In the summary, we can observe that

  • the schemas (column names and their data types) are unchanged
  • the number of rows is unchanged, but, identifying a row by the primary key id, we can see that
    • row a is equal in both data frames,
    • row b is unequal (the value changed from 2.0 to 2.5), and
    • row c is only present in the left data frame while
    • row d is only present in the right data frame
  • the change in row b is caused by value changing from 2.0 to 2.5

Such summaries are helpful to get a quick and visual overview of the similarities and differences between two data frames.

Interactive exploration

While the summary is a great starting point, you often want to analyze the differences in more detail with the goal of understanding how differences are related. For this use case, diffly provides an easy API that lets you explore the differences interactively. Below you can find some examples of how to use this API, but you can find more details in the documentation:

# Get all rows that only exist in the left (right) data frame
unequal_rows = comparison.left_only() # .right_only() for the right data frame

# Among the rows that exist in both data frames, get the fraction of rows that have equal values in the column "value"
fraction_equal = comparison.fraction_same(column="value") # returns 0.5 in our example

# Get the counts of value changes in the column "value"
value_changes = comparison.change_counts(column="value") # returns a data frame with the change from 2.0 to 2.5 of frequency 1 in our example

If the methods do not return a primitive type (like fraction_same() does), they return a polars data frame (like left_only() and change_counts() do), which can be used as a basis for further operations.

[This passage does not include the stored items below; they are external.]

//! What is declared around a place of a text, looked up by name.

ghost use Rattle.std.specs.Prelude.{◌≡◌, [], ◌∷◌, ◌++◌, ◌<◌, ◌≤◌, ◌-◌, ◌+◌, true, length, drop, List, Option, Some, None, is_some, bytes_eq, reverse, IsTrue, OnOk, IfOk};
ghost use Rattle.std.specs.List.{find};
ghost use Rattle.std.specs.Option.{option_copied};
ghost use Rattle.std.specs.Option.{option_map};
ghost use Rattle.ob_rules.specs.Names.{own_desc, bound_for};
ghost use Rattle.ob_cdecl_scopes.specs.Descending.{text_type, are_within, is_scope, is_scope_from};

use crate::inside::{Inside, Outside};
use crate::moves::{hide, put_all, put_back, take_inner};
use crate::predeclared::predeclared;
use crate::stack::Stack;
use crate::table::{Named, Table};
use ob_rules::{Bound, Coming, Entity, Known, Received, Surroundings};
use ob_tree::{List, Mark, Name, ObjName, QName};
use ob_types::{Basic, Desc, Method, TypeRef, TypedType, Types, Variable};
use std::alloc::{AllocError, Global};

impl Named for Known {
    ghost name = { λ k. k.name };

    fn name_bytes(&self) -> &[u8] {
        self.name.as_bytes()
    }
}

impl Named for TypedType {
    ghost name = { λ t. t.name };

    fn name_bytes(&self) -> &[u8] {
        self.name.as_bytes()
    }
}

impl Named for Bound {
    ghost name = { λ b. b.name };

    fn name_bytes(&self) -> &[u8] {
        self.name.as_bytes()
    }
}

/// What the imports of a module show, found by the names of modules and objects.
pub trait Imports: Types {
    ghost use Rattle.std.specs.Prelude.{◌≡◌};
    ghost use Rattle.std.specs.Option.{option_copied};

    /// The description of that object of that module; none exactly where the map does not hold it.
    /// Takes no memory.
    fn shown(&self, unit: &Name, name: &Name) -> Option<&Desc>
        ensures { option_copied result ≡ Self.types self.now (record { «module» = unit.now; object = name.now }) };
}

/// What stands around a part of a module: what its imports show, its types so far, the names that
/// are known with their scopes, its bound procedures, and the procedure at hand.
#[derive(Drop)]
pub struct Scope<'a, E> {
    unit: Name,
    imported: &'a E,
    own: Table<TypedType>,
    known: Table<Known>,
    scope: u32,
    level: u32,
    path: ObjName,
    later_types: Stack,
    coming: List<Coming>,
    bound: Table<Bound>,
    guards: Vec<(Variable, Option<TypeRef>)>,
    receiver: Option<Received>,
    result_type: Option<TypeRef>,
    in_loop: bool,
    // The type of the parameter of Out.String.
    text: Desc,
    ghost open_text: { text ≡ text_type },
    ghost scopes_fall: { IsTrue (are_within scope known) },
}

fn desc_in(t: Option<&TypedType>) -> Option<&Desc>
    ensures { option_copied result ≡ own_desc (option_copied t.entry) }
{
    match t {
        None => None,
        Some(t) => Some(&t.desc),
    }
}

fn scope_in(known: Option<&Known>) -> Option<u32>
    ensures { result ≡ option_map (λ k. k.scope) (option_copied known.entry) }
{
    match known {
        None => None,
        Some(known) => Some(known.scope),
    }
}

fn is_number(found: Option<u32>, scope: u32) -> bool
    ensures { result ≡ is_scope found scope }
{
    match found {
        None => false,
        Some(found) => found == scope,
    }
}

fn is_from(found: Option<u32>, level: u32) -> bool
    ensures { result ≡ is_scope_from found level }
{
    match found {
        None => false,
        Some(found) => level <= found,
    }
}

fn find_bound<'a>(bound: &'a [Bound], owner: &QName, name: &Name) -> Option<&'a Bound>
    ensures { option_copied result ≡ bound_for (reverse bound.now) owner.now name.now }
{
    let mut i = bound.len();
    'procedures: while i > 0 {
        i -= 1;
        if bound[i].owner.object.as_bytes() == owner.object.as_bytes()
            && bound[i].name.as_bytes() == name.as_bytes()
        {
            return Some(&bound[i]);
        }
    }
    None
}

/// How many names are known, and how many types the module has, at a place of a module.
#[derive(Clone, Copy)]
pub struct Marked {
    pub known: usize,
    pub own: usize,
}

impl<'a, E: Imports> Types for Scope<'a, E> {
    ghost use Rattle.ob_rules.specs.Names.{map_of};
    ghost use Rattle.ob_cdecl_scopes.specs.Scopes.{around_of};
    ghost use Rattle.ob_cdecl_scopes.specs.Finite.{scope_finite};

    ghost types = { λ s. map_of (around_of E.types s) };

    ghost finite = { λ s. scope_finite E.types s (E.finite s.imported.now) };

    fn desc_of(&self, name: &QName) -> Option<&Desc> {
        if name.module.as_bytes() == self.unit.as_bytes() {
            return desc_in(self.own.find(name.object.as_bytes()));
        }
        if name.module.as_bytes() == b"Out".as_slice()
            && name.object.as_bytes() == b"String(1".as_slice()
        {
            return Some(&self.text);
        }
        self.imported.desc_of(name)
    }
}

impl<'a, E: Imports> Surroundings for Scope<'a, E> {
    ghost use Rattle.std.proofs.Common.{refl};
    ghost use Rattle.ob_cdecl_scopes.specs.Scopes.{around_of};

    ghost around = { λ s. around_of E.types s };

    fn unit(&self) -> Name {
        self.unit
    }

    fn shown(&self, unit: &Name, name: &Name) -> Option<&Desc> {
        self.imported.shown(unit, name)
    }

    fn known(&self, name: &Name) -> Option<&Known> {
        self.known.find(name.as_bytes())
    }

    fn is_known_in_scope(&self, name: &Name) -> bool {
        is_number(scope_in(self.known.find(name.as_bytes())), self.scope)
    }

    fn is_declared(&self, name: &Name) -> bool {
        is_from(scope_in(self.known.find(name.as_bytes())), self.level)
    }

    fn declares_type(&self, name: &Name) -> bool {
        self.later_types.find(name.as_bytes()).is_some()
    }

    fn scope(&self) -> u32 {
        self.scope
    }

    fn level(&self) -> u32 {
        self.level
    }

    fn path(&self) -> &[u8] {
        self.path.as_bytes()
    }

    fn coming(&self) -> &[Coming] {
        self.coming.as_slice()
    }

    fn bound_for(&self, owner: &QName, name: &Name) -> Option<&Bound> {
        find_bound(self.bound.as_slice(), owner, name)
    }

    fn guards(&self) -> &[(Variable, Option<TypeRef>)] {
        &self.guards
    }

    fn receiver(&self) -> Option<&Received> {
        self.receiver.as_ref()
    }

    fn result_type(&self) -> Option<&TypeRef> {
        self.result_type.as_ref()
    }

    fn in_loop(&self) -> bool {
        self.in_loop
    }

    fn set_in_loop(&mut self, in_loop: bool) {
        self.in_loop = in_loop;
    }

    fn guard(&mut self, variable: Variable, t: Option<TypeRef>) -> Result<(), AllocError> {
        self.guards.push((variable, t))?;
        Ok(())
    }

    fn unguard(&mut self) {
        let _ = self.guards.pop();
    }

    ghost all_types = { λ s. refl };
}
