//! One selector behind what stands before it.

ghost use Rattle.std.specs.Prelude.{◌≡◌, IfOk, OnOk};
ghost use Rattle.ob_rules.specs.Books.{book_after};
ghost use Rattle.ob_rules.specs.Judged as judged;
ghost use Rattle.ob_rules.specs.Names as names;
ghost use Rattle.ob_rules.specs.Names.{map_of};
ghost use Rattle.ob_rules.specs.Designators as spec;
ghost use Rattle.ob_rules.specs.declared.meant.Meant.{Meant as AMeant};
ghost use Rattle.ob_rules.specs.declared.meant.Meant.TheVariants as means;
ghost use Rattle.ob_rules.specs.declared.broken.Rule.TheVariants as rule;
ghost use Rattle.ob_cexpr_operand.specs.Plain.{plain};

use ob_cexpr_designator::{dereference, guard, index, select, super_call};
use ob_cexpr_name::type_named;
use ob_rules::{Meant, Notebook, Place, Rule, Surroundings, Valued};
use ob_tree::{Ident, Pos, Qualident};
use ob_types::TypeRef;
use std::alloc::{AllocError, Global};

/// A dot and a name. None where it breaks rule 2, 22 or 39.
#[inline(never)]
pub fn select_step<S: Surroundings>(
    alloc: Global,
    here: &S,
    book: &mut Notebook,
    start: Pos,
    at: Pos,
    x: &Ident,
    last: bool,
    meant: Meant,
) -> Result<Option<Meant>, AllocError>
    ensures made { IfOk result (λ r. r ≡ (spec.step_dot (S.around here.now) start at x.now last meant).node) }
    ensures noted { OnOk result (book.new ≡ book_after book.old (spec.step_dot (S.around here.now) start at x.now last meant).notes) }
{
    match meant {
        Meant::Place(place) => select(alloc, here, book, start, at, x, place, last),
        Meant::Constant(_)
        | Meant::Procedure(_, _)
        | Meant::Bound(_)
        | Meant::Out(_)
        | Meant::Predeclared(_)
        | Meant::Call(_)
        | Meant::Statement(_) => {
            book.breaks(Rule::UnfitSelector, at);
            Ok(None)
        }
    }
}

fn place_meant(place: Option<Place>) -> Option<Meant>
    ensures { result ≡ (judged.if_sound place (λ q. judged.sound (means.Place q))).node }
{
    match place {
        None => None,
        Some(place) => Some(Meant::Place(place)),
    }
}

fn index_place<S: Surroundings>(
    alloc: Global,
    here: &S,
    book: &mut Notebook,
    at: Pos,
    i: Option<Valued>,
    place: Place,
) -> Result<Option<Meant>, AllocError>
    ensures made { IfOk result (λ r. r ≡ (spec.step_index (map_of (S.around here.now)) at (plain i) (means.Place place)).node) }
    ensures noted { OnOk result (book.new ≡ book_after book.old (spec.step_index (map_of (S.around here.now)) at (plain i) (means.Place place)).notes) }
{
    let place = index(alloc, here, book, at, place, i)?;
    Ok(place_meant(place))
}

/// An index that is judged, and noted, already. None where it breaks rule 22.
#[inline(never)]
pub fn index_step<S: Surroundings>(
    alloc: Global,
    here: &S,
    book: &mut Notebook,
    at: Pos,
    i: Option<Valued>,
    meant: Meant,
) -> Result<Option<Meant>, AllocError>
    ensures made { IfOk result (λ r. r ≡ (spec.step_index (map_of (S.around here.now)) at (plain i) meant).node) }
    ensures noted { OnOk result (book.new ≡ book_after book.old (spec.step_index (map_of (S.around here.now)) at (plain i) meant).notes) }
{
    match meant {
        Meant::Place(place) => index_place(alloc, here, book, at, i, place),
        Meant::Constant(_)
        | Meant::Procedure(_, _)
        | Meant::Bound(_)
        | Meant::Out(_)
        | Meant::Predeclared(_)
        | Meant::Call(_)
        | Meant::Statement(_) => {
            book.breaks(Rule::UnfitSelector, at);
            Ok(None)
        }
    }
}

fn dereference_place<S: Surroundings>(
    alloc: Global,
    here: &S,
    book: &mut Notebook,
    at: Pos,
    place: Place,
) -> Result<Option<Meant>, AllocError>
    ensures made { IfOk result (λ r. r ≡ (spec.step_up (S.around here.now) at (means.Place place)).node) }
    ensures noted { OnOk result (book.new ≡ book_after book.old (spec.step_up (S.around here.now) at (means.Place place)).notes) }
{
    let place = dereference(alloc, here, book, at, place)?;
    Ok(place_meant(place))
}

/// `^`: a dereference, or a super call. None where it breaks rule 22 or 40.
#[inline(never)]
pub fn up_step<S: Surroundings>(
    alloc: Global,
    here: &S,
    book: &mut Notebook,
    at: Pos,
    meant: Meant,
) -> Result<Option<Meant>, AllocError>
    ensures made { IfOk result (λ r. r ≡ (spec.step_up (S.around here.now) at meant).node) }
    ensures noted { OnOk result (book.new ≡ book_after book.old (spec.step_up (S.around here.now) at meant).notes) }
{
    match meant {
        Meant::Place(place) => dereference_place(alloc, here, book, at, place),
        Meant::Bound(chosen) => super_call(alloc, here, book, at, chosen),
        Meant::Constant(_)
        | Meant::Procedure(_, _)
        | Meant::Out(_)
        | Meant::Predeclared(_)
        | Meant::Call(_)
        | Meant::Statement(_) => {
            book.breaks(Rule::UnfitSelector, at);
            Ok(None)
        }
    }
}

/// A guard of the type of that name behind a variable. None where it breaks rule 23, or the name
/// breaks a rule.
pub fn guard_named<S: Surroundings>(
    alloc: Global,
    here: &S,
    book: &mut Notebook,
    at: Pos,
    place: Place,
    name: &Qualident,
) -> Result<Option<Meant>, AllocError>
    ensures made { IfOk result (λ r. r ≡ (judged.◌▷◌ (names.type_named (S.around here.now) name.now) (λ t. spec.guard (map_of (S.around here.now)) at place t)).node) }
    ensures noted { OnOk result (book.new ≡ book_after book.old (judged.◌▷◌ (names.type_named (S.around here.now) name.now) (λ t. spec.guard (map_of (S.around here.now)) at place t)).notes) }
{
    match type_named(alloc, here, book, name)? {
        None => Ok(None),
        Some(t) => guard(alloc, here, book, at, place, t),
    }
}

/// A guard of the type of that name behind what is no variable, which breaks rule 23.
pub fn guard_misfit<S: Surroundings>(
    alloc: Global,
    here: &S,
    book: &mut Notebook,
    at: Pos,
    name: &Qualident,
) -> Result<Option<Meant>, AllocError>
    ensures made { IfOk result (λ r. r ≡ (judged.◌▷◌ (names.type_named (S.around here.now) name.now) (λ t. judged.breaks {A = AMeant} rule.UnfitTypeTest at)).node) }
    ensures noted { OnOk result (book.new ≡ book_after book.old (judged.◌▷◌ (names.type_named (S.around here.now) name.now) (λ t. judged.breaks {A = AMeant} rule.UnfitTypeTest at)).notes) }
{
    match type_named(alloc, here, book, name)? {
        None => Ok(None),
        Some(_) => {
            book.breaks(Rule::UnfitTypeTest, at);
            Ok(None)
        }
    }
}
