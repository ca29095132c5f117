//! Literals.

ghost use Rattle.std.specs.Prelude.{◌≡◌, IfOk, OnOk};
ghost use Rattle.ob_rules.specs.Books.{book_after};
ghost use Rattle.ob_rules.specs.Expressions as spec;
ghost use Rattle.ob_rules.specs.Judged as judged;
ghost use Rattle.ob_rules.specs.Values as values;
ghost use Rattle.ob_rules.specs.Constants.{text_value};
ghost use Rattle.ob_cexpr_operand.specs.Plain.{literal_judged};

use ob_const::{char_value, integer_value, string_value};
use ob_rules::{Notebook, Rule, Valued};
use ob_tree::Pos;
use ob_types::Value;
use std::alloc::{AllocError, Global};

// The constant; rule 9 where there is none.
fn literal(book: &mut Notebook, at: Pos, value: Option<Value>) -> Option<Valued>
    ensures made { result ≡ (literal_judged at value).node }
    ensures noted { book.new ≡ book_after book.old (literal_judged at value).notes }
{
    match value {
        None => {
            book.breaks(Rule::LiteralTooLarge, at);
            None
        }
        Some(value) => Some(Valued::Constant(value)),
    }
}

/// An integer. None where it breaks rule 9. Takes no memory.
#[tactic(auto, using(crate::proofs::LiteralLaws::literal_node, crate::proofs::LiteralLaws::literal_noted))]
pub fn integer(book: &mut Notebook, at: Pos, text: &[u8]) -> Option<Valued>
    ensures made { result ≡ (spec.integer_literal at (spec.integer_text text.now)).node }
    ensures noted { book.new ≡ book_after book.old (spec.integer_literal at (spec.integer_text text.now)).notes }
{
    literal(book, at, integer_value(text))
}

/// A character. None where it breaks rule 9. Takes no memory.
#[tactic(auto, using(crate::proofs::LiteralLaws::literal_node, crate::proofs::LiteralLaws::literal_noted))]
pub fn character(book: &mut Notebook, at: Pos, text: &[u8]) -> Option<Valued>
    ensures made { result ≡ (spec.char_literal at (spec.marked 0 text.now)).node }
    ensures noted { book.new ≡ book_after book.old (spec.char_literal at (spec.marked 0 text.now)).notes }
{
    literal(book, at, char_value(text))
}

/// A string.
#[inline(never)]
pub fn string(alloc: Global, text: &[u8]) -> Result<Option<Valued>, AllocError>
    ensures { IfOk result (λ r. r ≡ (judged.sound (values.constant (text_value text.now))).node) }
{
    let value = string_value(alloc, text)?;
    Ok(Some(Valued::Constant(value)))
}
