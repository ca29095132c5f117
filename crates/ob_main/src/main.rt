//! The program: it does the lines of a script from standard input, over the files of the folder that it runs in.
#![tactic(auto)]

use ob_real::{CutShort, RealFolder, RealSink, RealSource, cut_short};
use ob_shell::session;
use std::io::{BufWriter, ErrorKind, IsTerminal};
use std::process::ExitCode;
use std::{env, io, process};

/// The line on standard error where the words are refused.
const USAGE: &str = "usage: oberon [--turns N] [--heap N]";

/// The most bytes of a script.
const MOST: usize = 1_048_576;

// Says where and why the session was cut short. Where that cannot be written, the status alone says it.
fn say(rt: &impl Eprint, end: &CutShort<'_>) {
    let _ = rt.eprintln(format_args!("oberon: {end}"));
}

// Ends a program that had no memory to begin.
fn no_start(rt: &impl Eprint) -> io::Result<ExitCode> {
    say(rt, &CutShort::Start);
    Ok(ExitCode::from(5))
}

fn main(rt: HostRuntime) -> io::Result<ExitCode> {
    let alloc = rt.alloc();
    let args = match env::args(&rt) {
        Ok(args) => args,
        Err(fault) if fault.kind() == ErrorKind::OutOfMemory => return no_start(&rt),
        // A word that is no text is no word that is accepted.
        Err(_) => {
            let _ = rt.eprintln(USAGE);
            return Ok(ExitCode::from(2));
        }
    };
    let mut words = Vec::new(alloc);
    for word in args.skip(1) {
        if words.push(word).is_err() {
            return no_start(&rt);
        }
    }
    let Ok(writer) = BufWriter::new(alloc, io::writer(&rt)) else {
        return no_start(&rt);
    };
    let Ok(mut folder) = RealFolder::new(alloc, &rt, process::id(rt.process())) else {
        return no_start(&rt);
    };
    let mut script = RealSource::new(rt.reader(), MOST);
    let mut out = RealSink::new(writer, rt.stdout().is_terminal());
    let status = session(alloc, &words, &mut folder, &mut script, &mut out);
    if status == 2 {
        let _ = rt.eprintln(USAGE);
    }
    if let Some(end) = cut_short(status, &script, &out, &folder) {
        // What the output still holds back stands before what is said.
        drop(out);
        say(&rt, &end);
    }
    Ok(ExitCode::from(status))
}
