/// A left operand, and the relation and the right operand behind it.
#[inline(never)]
#[cycle(expr)]
fn relate(
    alloc: Global,
    tokens: &mut Cursor<'_>,
    levels: usize,
    left: Expr,
) -> Result<Expr, ParseFault>
    ensures { Reads (related left (reads levels (both spec.relation spec.simple) tokens.old)) result tokens.new }
{
    let by = tokens.relation()?;
    let right = simple(alloc, tokens, levels)?;
    let left = Boxed::new(alloc, left)?;
    let right = Boxed::new(alloc, right)?;
    Ok(Expr::Relate {
        left,
        relation: relation_of(by.symbol),
        pos: by.pos,
        right,
    })
}

/// An expression that may begin with a sign.
#[inline(never)]
#[cycle(expr)]
fn expr(alloc: Global, tokens: &mut Cursor<'_>, levels: usize) -> Result<Expr, ParseFault>
    ensures { Reads (reads levels spec.expr tokens.old) result tokens.new }
{
    let left = simple(alloc, tokens, levels)?;
    if tokens.sees_relation() {
        relate(alloc, tokens, levels, left)
    } else {
        Ok(left)
    }
}

/// A first factor, and what stands behind it in its term.
#[inline(always)]
#[cycle(expr)]
fn term_behind(
    alloc: Global,
    tokens: &mut Cursor<'_>,
    levels: usize,
    first: Expr,
) -> Result<Expr, ParseFault>
    ensures { Reads (chained first (reads levels (many spec.mul_tail) tokens.old)) result tokens.new }
{
    if tokens.sees_mul_op() {
        return product(alloc, tokens, levels, first);
    }
    Ok(first)
}

/// A first term, and what stands behind it before a relation.
#[inline(always)]
#[cycle(expr)]
fn simple_behind(
    alloc: Global,
    tokens: &mut Cursor<'_>,
    levels: usize,
    first: Expr,
) -> Result<Expr, ParseFault>
    ensures { Reads (chained first (reads levels (many spec.add_tail) tokens.old)) result tokens.new }
{
    if tokens.sees_add_op() {
        return sum(alloc, tokens, levels, first);
    }
    Ok(first)
}

/// A first factor without a sign, and what stands behind it.
#[inline(never)]
#[cycle(expr)]
fn expr_behind(
    alloc: Global,
    tokens: &mut Cursor<'_>,
    levels: usize,
    first: Expr,
) -> Result<Expr, ParseFault>
    ensures { Reads (expr_behind levels first tokens.old) result tokens.new }
{
    let term = term_behind(alloc, tokens, levels, first)?;
    let left = simple_behind(alloc, tokens, levels, term)?;
    if tokens.sees_relation() {
        return relate(alloc, tokens, levels, left);
    }
    Ok(left)
}

/// An expression, which takes one of the levels that are left. A factor alone is handed on as it was
/// read.
#[inline(never)]
#[cycle(expr)]
pub fn nested_expr(
    alloc: Global,
    tokens: &mut Cursor<'_>,
    levels: usize,
) -> Result<Expr, ParseFault>
    ensures { Reads (read levels AnExpr tokens.old) result tokens.new }
{
    if levels == 0 {
        return Err(tokens.fault_at_expr());
    }
    if tokens.sees_sign() {
        return expr(alloc, tokens, levels - 1);
    }
    let read = factor(alloc, tokens, levels - 1);
    if tokens.sees_mul_op() || tokens.sees_add_op() {
        return expr_behind(alloc, tokens, levels - 1, read?);
    }
    if tokens.sees_relation() {
        return relate(alloc, tokens, levels - 1, read?);
    }
    read
}
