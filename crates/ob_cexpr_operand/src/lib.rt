//! What the parts of expressions and designators come to where the parts below them are judged, and
//! noted, already. Nothing here goes down a text.
#![tactic(auto, using(ob_rules::proofs::BookLaws::after_none, ob_rules::proofs::BookLaws::after_joined))]

mod literals;
mod names;
mod operands;
mod phrases;
mod selectors;
mod tests;
mod values;

pub use literals::{character, integer, string};
pub use names::name_value;
pub use operands::{bracketed, combined_if, opposite_if, related_if, signed_if};
pub use phrases::{formal_at, is_one_type, name_behind, name_in, type_in_round, where_behind};
pub use selectors::{guard_misfit, guard_named, index_step, select_step, up_step};
pub use tests::{other_test, type_test};
pub use values::{
    constant_if, element_if, held_signature, no_type, row_with, set_if, there, type_parameter,
    value_if,
};
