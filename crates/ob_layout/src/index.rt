//! Positions found by names.

ghost use Rattle.std.specs.Prelude.{◌≡◌, None, OnOk, IfOk, IsSome, slice_get};
ghost use Rattle.std.specs.Option.{option_copied};
ghost use Rattle.ob_layout.specs.Index.{at_name, Puts, Notes};

use std::alloc::{AllocError, Global};
use std::collections::HashMap;

/// Positions in a list, each found by a name.
#[derive(Drop)]
pub struct NameIndex {
    positions: HashMap<Vec<u8>, usize>,
}

// Puts a position at a name. What stood there is returned.
fn put(
    alloc: Global,
    positions: &mut HashMap<Vec<u8>, usize>,
    name: &[u8],
    position: usize,
) -> Result<Option<usize>, AllocError>
    ensures puts { OnOk result (Puts positions.old positions.new name.now position) }
    ensures earlier { IfOk result (λ o. o ≡ at_name positions.old name.now) }
{
    let key = Vec::from_slice(alloc, name)?;
    let earlier = positions.insert(key, position)?;
    Ok(earlier)
}

// Puts a position at a name that has one. Takes no memory.
fn put_back(positions: &mut HashMap<Vec<u8>, usize>, name: &[u8], position: usize)
    requires { IsSome (at_name positions.old name.now) }
    ensures { Puts positions.old positions.new name.now position }
{
    match positions.get_mut(name) {
        Some(place) => *place = position,
        None => unreachable!(),
    }
}

impl NameIndex {
    /// No names. Takes no memory.
    pub fn new(alloc: Global) -> NameIndex
        ensures { (x : _) → at_name result.positions x ≡ None }
    {
        NameIndex {
            positions: HashMap::new(alloc),
        }
    }

    /// The position of a name.
    pub fn get(&self, name: &[u8]) -> Option<usize>
        ensures { result ≡ at_name self.now.positions name.now }
    {
        self.positions.get(name).copied()
    }

    /// Notes a position under a name; a name that has one keeps it.
    pub fn note(&mut self, alloc: Global, name: &[u8], position: usize) -> Result<(), AllocError>
        ensures { OnOk result (Notes self.old.positions self.new.positions name.now position) }
    {
        if let Some(earlier) = put(alloc, &mut self.positions, name, position)? {
            put_back(&mut self.positions, name, earlier);
        }
        Ok(())
    }
}

/// The item at a position; none exactly behind the last one. Takes no memory.
pub fn item_at<T>(items: &[T], position: usize) -> Option<&T>
    ensures { option_copied result ≡ slice_get items.now position }
{
    items.get(position)
}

Integration into the QuantCo open-source ecosystem

We are excited that diffly already integrates with dataframely, QuantCo's Python package for building robust data pipelines: instead of only comparing a single data frame, you can also compare multiple data frames within a dataframely collection.

Final words

Throughout various projects, we have found that

(1) snapshot testing on real data is really helpful, (2) understanding diffs is crucial, and (3) both can be done with diffly's summary and interactive API, respectively.

We are excited to bring diffly to the open-source ecosystem and look forward to seeing how the community adopts it to improve the robustness of data pipelines. We are also looking forward to contributions to the project, so if you have any ideas or feedback, please feel free to reach out or contribute!